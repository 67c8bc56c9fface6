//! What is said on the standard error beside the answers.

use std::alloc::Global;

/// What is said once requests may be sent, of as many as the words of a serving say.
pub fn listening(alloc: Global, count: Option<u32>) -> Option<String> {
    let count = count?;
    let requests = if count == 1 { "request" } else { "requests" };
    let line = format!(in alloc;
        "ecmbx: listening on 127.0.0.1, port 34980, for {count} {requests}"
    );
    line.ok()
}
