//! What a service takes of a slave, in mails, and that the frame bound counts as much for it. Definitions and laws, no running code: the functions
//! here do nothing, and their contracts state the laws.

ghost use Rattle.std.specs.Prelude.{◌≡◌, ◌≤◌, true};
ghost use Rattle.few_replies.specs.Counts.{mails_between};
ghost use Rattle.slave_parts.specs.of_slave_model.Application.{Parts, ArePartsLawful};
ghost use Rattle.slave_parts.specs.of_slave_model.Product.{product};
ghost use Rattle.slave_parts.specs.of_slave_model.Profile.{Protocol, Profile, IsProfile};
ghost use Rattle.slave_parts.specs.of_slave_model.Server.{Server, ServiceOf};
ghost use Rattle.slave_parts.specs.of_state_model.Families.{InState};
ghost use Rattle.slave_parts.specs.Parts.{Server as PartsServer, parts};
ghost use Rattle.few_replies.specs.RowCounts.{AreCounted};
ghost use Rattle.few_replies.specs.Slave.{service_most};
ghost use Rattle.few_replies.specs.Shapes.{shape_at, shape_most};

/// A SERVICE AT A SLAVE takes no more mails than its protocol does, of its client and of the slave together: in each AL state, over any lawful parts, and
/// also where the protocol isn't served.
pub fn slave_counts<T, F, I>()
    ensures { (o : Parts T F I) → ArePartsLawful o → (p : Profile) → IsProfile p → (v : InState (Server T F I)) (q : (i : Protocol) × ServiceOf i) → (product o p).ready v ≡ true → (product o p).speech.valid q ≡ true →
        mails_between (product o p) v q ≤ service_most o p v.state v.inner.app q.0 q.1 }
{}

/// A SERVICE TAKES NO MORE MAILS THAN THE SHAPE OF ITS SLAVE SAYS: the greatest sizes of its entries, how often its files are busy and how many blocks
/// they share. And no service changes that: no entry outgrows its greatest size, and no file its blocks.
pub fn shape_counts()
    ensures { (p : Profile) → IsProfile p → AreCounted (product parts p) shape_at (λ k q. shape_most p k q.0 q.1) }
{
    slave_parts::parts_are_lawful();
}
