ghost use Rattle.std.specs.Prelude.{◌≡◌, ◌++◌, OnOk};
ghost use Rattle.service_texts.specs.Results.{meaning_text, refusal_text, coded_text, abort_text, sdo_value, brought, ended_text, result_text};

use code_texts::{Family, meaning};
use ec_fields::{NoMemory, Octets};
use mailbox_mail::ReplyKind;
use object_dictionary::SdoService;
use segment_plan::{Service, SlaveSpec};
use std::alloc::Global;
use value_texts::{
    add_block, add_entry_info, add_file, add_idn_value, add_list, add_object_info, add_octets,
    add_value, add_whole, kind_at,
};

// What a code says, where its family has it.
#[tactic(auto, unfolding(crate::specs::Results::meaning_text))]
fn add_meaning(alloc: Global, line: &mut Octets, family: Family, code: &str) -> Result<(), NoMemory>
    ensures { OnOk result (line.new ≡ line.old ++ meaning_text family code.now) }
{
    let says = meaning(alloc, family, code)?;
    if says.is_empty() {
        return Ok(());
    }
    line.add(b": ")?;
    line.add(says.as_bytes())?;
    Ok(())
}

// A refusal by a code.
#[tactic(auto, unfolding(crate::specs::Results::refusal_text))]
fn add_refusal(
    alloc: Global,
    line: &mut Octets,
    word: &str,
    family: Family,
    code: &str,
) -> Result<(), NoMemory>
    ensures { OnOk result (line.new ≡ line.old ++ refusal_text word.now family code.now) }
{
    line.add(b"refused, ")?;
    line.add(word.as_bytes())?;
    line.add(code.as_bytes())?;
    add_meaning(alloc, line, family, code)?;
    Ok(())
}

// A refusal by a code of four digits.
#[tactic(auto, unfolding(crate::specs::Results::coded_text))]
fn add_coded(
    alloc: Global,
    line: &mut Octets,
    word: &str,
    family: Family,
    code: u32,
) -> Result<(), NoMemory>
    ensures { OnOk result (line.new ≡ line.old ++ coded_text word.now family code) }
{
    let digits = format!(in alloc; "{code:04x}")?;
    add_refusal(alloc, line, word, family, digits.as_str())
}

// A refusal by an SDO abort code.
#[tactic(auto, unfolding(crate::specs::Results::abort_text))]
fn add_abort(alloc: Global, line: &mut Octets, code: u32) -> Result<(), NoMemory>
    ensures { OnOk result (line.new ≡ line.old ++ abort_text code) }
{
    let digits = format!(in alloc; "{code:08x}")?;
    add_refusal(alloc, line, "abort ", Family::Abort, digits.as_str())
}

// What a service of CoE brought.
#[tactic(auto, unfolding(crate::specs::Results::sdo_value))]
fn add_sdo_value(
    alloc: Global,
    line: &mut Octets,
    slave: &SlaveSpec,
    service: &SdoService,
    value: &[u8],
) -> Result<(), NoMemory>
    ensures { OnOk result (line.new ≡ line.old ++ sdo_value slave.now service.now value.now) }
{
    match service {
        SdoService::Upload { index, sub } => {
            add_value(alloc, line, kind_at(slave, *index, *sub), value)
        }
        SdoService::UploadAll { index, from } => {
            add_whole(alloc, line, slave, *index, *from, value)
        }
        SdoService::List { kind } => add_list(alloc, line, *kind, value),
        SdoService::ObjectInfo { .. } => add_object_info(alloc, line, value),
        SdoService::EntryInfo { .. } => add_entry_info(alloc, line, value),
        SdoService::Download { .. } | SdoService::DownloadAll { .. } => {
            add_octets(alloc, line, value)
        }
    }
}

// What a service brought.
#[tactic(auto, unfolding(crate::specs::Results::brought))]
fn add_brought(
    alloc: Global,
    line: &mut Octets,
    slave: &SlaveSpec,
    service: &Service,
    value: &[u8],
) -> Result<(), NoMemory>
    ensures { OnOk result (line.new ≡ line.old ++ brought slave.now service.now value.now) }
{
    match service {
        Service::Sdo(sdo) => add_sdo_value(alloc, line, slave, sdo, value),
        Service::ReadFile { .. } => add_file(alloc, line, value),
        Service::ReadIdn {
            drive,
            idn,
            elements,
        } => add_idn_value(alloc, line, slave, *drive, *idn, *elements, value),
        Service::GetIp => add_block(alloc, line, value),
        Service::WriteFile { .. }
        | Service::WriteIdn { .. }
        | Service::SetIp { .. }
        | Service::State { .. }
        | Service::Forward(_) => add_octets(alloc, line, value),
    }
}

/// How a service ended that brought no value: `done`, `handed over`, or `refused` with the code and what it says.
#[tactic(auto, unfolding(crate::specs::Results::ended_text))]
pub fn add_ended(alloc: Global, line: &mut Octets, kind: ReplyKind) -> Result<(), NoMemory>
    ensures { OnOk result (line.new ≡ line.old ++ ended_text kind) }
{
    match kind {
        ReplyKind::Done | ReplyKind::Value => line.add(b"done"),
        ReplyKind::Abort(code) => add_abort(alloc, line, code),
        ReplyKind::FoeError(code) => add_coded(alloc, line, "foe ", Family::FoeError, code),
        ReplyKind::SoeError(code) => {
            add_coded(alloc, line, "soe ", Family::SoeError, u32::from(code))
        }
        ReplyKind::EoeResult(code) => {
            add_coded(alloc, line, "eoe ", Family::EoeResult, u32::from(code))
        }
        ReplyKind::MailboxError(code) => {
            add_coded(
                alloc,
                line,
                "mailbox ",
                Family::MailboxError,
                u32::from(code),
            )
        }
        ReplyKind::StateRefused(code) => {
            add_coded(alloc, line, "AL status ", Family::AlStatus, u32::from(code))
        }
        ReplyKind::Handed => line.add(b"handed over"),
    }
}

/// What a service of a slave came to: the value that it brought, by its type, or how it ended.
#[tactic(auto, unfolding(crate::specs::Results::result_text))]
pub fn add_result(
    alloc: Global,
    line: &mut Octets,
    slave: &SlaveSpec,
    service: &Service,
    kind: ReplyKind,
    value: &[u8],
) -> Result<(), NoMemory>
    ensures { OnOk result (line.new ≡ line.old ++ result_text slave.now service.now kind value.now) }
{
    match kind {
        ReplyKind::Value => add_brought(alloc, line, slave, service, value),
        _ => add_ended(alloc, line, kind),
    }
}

——

Could you show every line of the material that includes the string "done"?

/// How a service ended that brought no value: `done`, `handed over`, or `refused` with the code and what it says.
        ReplyKind::Done | ReplyKind::Value => line.add(b"done"),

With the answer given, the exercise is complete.